Although it moves slowly in parts, “Harold Frye” has a captivating story that unfolds as we travel with the title character.

Harold and his wife lived in quiet retirement in the south of England until one day, Harold received a letter from a woman with whom he used to work. The woman’s letter said that she is dying and just felt the need to contact him. Harold wrote quick letter to her and then walked past first one, than another, mailbox until he goes on his ‘pilgrimage’ to see the woman, who happens to now be in the northern part of the country. One can see right away that there is more to the relationship than meets the eye, but is the truth  what one would usually suspect between a male and female co-worker?

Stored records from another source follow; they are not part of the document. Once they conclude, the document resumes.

//! What the sequences of a block cost at the least.

ghost use Rattle.std.specs.Prelude.{◌≡◌, ◌*◌, ◌<◌, ◌≤◌, ℕ, IfSome, length, slice_index};
ghost use Rattle.definitions.specs.sequences.Windows.{IsWindow};
ghost use Rattle.definitions.specs.heard.Costs.{set_cost, sum_below};
ghost use Rattle.definitions.specs.answers.Blocks.{IsBlock, IsUnionBound, union_cost};
ghost use Rattle.signal_base.specs.declared.station.Station.{Station};
ghost use Rattle.symbol_cost.specs.Grid.{cost_at};
ghost use Rattle.plain_costs.specs.Grids.{AreGrids, grid_costs};
ghost use Rattle.plain_costs.specs.Unions.{AreUnions};

use crate::unions::{Sets, has_walk, unions_of};
use civil::Civil;
use definitions::Block;
use signal_base::{GREATEST_COST, MOST_RECEIVERS, MOST_SECONDS, Station, Window};
use symbol_cost::{CostGrid, RECEIVER_COST};

/// What the unions of the sets that the block's walkable sequences allow cost, over all stations and slots. None exactly
/// where no sequence of the block is walkable.
pub fn union_bound(grids: &[CostGrid], civil: &Civil, window: &Window, block: &Block) -> Option<u32>
    requires window { IsWindow window.now }
    requires grids { AreGrids window.now grids.now }
    requires block { IsBlock window.now block.now }
    ensures bound { IsUnionBound (grid_costs grids.now) window.now block.now result }
    ensures small { IfSome result (λ n. n ≤ GREATEST_COST) }
{
    if !has_walk(civil, window, block) {
        return None;
    }
    Some(cost_of_unions(grids, civil, window, block))
}

// The sum over the stations.
fn cost_of_unions(grids: &[CostGrid], civil: &Civil, window: &Window, block: &Block) -> u32
    requires window { IsWindow window.now }
    requires grids { AreGrids window.now grids.now }
    requires block { IsBlock window.now block.now }
    ensures cost { (unions : Station → ℕ → ℕ) → AreUnions window.now block.now unions → result ≡ union_cost (grid_costs grids.now) window.now unions }
    ensures bound { result ≤ GREATEST_COST }
{
    let mut total = 0;
    for grid in grids {
        let sets = unions_of(civil, grid.station(), window, block);
        total += cost_of_sets(grid, &sets, window.seconds);
    }
    total
}

// What a set in each of the first slots costs the grid's station.
fn cost_of_sets(grid: &CostGrid, sets: &Sets, seconds: u16) -> u32
    requires slots { length grid.now.rows ≡ seconds }
    requires seconds { seconds ≤ MOST_SECONDS }
    ensures cost { result ≡ sum_below seconds (λ k. set_cost grid.now.station (cost_at grid.now.rows k) (slice_index sets.now k)) }
    ensures bound { result ≤ seconds * (grid.now.receivers * RECEIVER_COST) }
{
    // No grid is made from more, so that no sum is too large.
    prove!(grid.receivers() as usize <= MOST_RECEIVERS);
    let mut cost = 0;
    for slot in 0..seconds {
        cost += grid.cost(slot, sets[slot as usize]);
    }
    cost
}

I won’t give away any more of the plot or the revelations we see that happen involving his wife, Maureen, their son, David, and the dying woman, Queenie, along with others who attach themselves to Harold throughout his journey.

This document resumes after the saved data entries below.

//! Workers beside each other: a share of a race is halved until each worker has a share of 1.

ghost use Rattle.std.specs.Prelude.{◌≡◌, OnOk};
ghost use Rattle.std.specs.Thread.{IsSend, IsSync};
ghost use Rattle.workers.specs.Recorded.{HaveShared};
ghost use Rattle.workers.specs.Workers.{AreItems, IsReady};

use crate::crew::Team;
use crate::recorder::Recorder;
use race_words::Seat;
use std::thread::{Threads, join_mut};

/// So many workers take part as the seat has shares, each in a thread of its own where one can be made. The first has this
/// number. Each keeps its steps in a part of the recorder. One that can't ends, and the others go on.
#[cycle(halves)]
pub(crate) fn share_out<R: Threads + Sync, T: Team + Sync, K: Recorder + Send + Drop>(
    rt: &R,
    team: &T,
    seat: &mut Seat,
    share: u8,
    first: u32,
    recorder: &mut K,
) -> Result<(), K::Fault>
where
    K::Fault: Send,
    requires ready { IsReady (T.seen team.now).race share first seat.old }
    requires items { AreItems (T.seen team.now).window (T.seen team.now).items }
    ensures race { seat.new.race ≡ seat.old.race }
    ensures share { seat.new.view.share ≡ share }
    ensures shared { let t = T.seen team.now in
        OnOk result (HaveShared K.told K.parts K.joins t.race t.costs t.window t.ceiling t.items share seat.new recorder.old recorder.new) }
{
    if share == 1 {
        return team.take_part(seat, first, recorder);
    }
    let right = share / 2;
    let left = share - right;
    let next = first + left as u32;
    let mut part = recorder.split()?;
    let mut other = team.race().split(seat, right);
    let (near, far) = join_mut(
        rt,
        &mut ||
            requires { let t = T.seen team.now in
                IsSync R.row × IsSync T.row × IsSend K.row × IsReady t.race left first seat.now × AreItems t.window t.items }
            ensures race { seat.exit.now.race ≡ seat.entry.now.race }
            ensures share { seat.exit.now.view.share ≡ left }
            ensures shared { let t = T.seen team.entry.now in
                OnOk result (HaveShared K.told K.parts K.joins t.race t.costs t.window t.ceiling t.items left seat.exit.now recorder.entry.now recorder.exit.now) }
        { share_out(rt, team, seat, left, first, recorder) },
        &mut ||
            requires { let t = T.seen team.now in
                IsSync R.row × IsSync T.row × IsSend K.row × IsReady t.race right next other × AreItems t.window t.items }
            ensures race { other.exit.race ≡ other.entry.race }
            ensures share { other.exit.view.share ≡ right }
            ensures shared { let t = T.seen team.entry.now in
                OnOk result (HaveShared K.told K.parts K.joins t.race t.costs t.window t.ceiling t.items right other.exit part.entry part.exit) }
        { share_out(rt, team, &mut other, right, next, &mut part) },
    );
    team.race().join(seat, other);
    near?;
    far?;
    recorder.join(part)
}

What I do want to talk about is the fact that Harold and his wife are retirement age yet, unlike most stories, they are the main characters and are portrayed as actual people.
Most novels revolve around young people, either young people on their own or young couples. I understand:Youth sells. Often there are older folks around, but they are usually secondary characters, or the catalysts. Older people are usually portrayed as wise sages, doddering oldsters or other ‘colorful characters’. They are often shown in very tight roles with very defined and limited dimensions, but in “The Unlikely Pilgrimage of Harold Frye”, we read the layers and depths in the lives of these characters; we see the depths of their secrets, the depths of the pain they kept in their hearts. Rachel Joyce has created a wonderful study in humanity as we travel not only with Harold physically, but with him, (Maureen, Queenie and others), as they find emotional freedom in one way or another. Most would view Harold and Maureen as past their prime, but we see that they are, indeed ,still people, with hopes and something to look forward to, if they let themselves. Life is not set in stone, they can regained what they had pushed to the side; they heal, they grow.

A bit of a spoiler, (though not really): In “Harold Fry” Queenie’s passing is one of the most sensitive and well-written scenes I have ever read. It is quite in synch with my ideas on what awaits us all.

Another writer who developed mature-but-realistic-characters is our founding Fox, author Jillian Chantel, in her “Minute” series. I’d like to see more writers do so as well.

Do you agree? Do you know of other books with mature and fully-fleshed-out protagonists?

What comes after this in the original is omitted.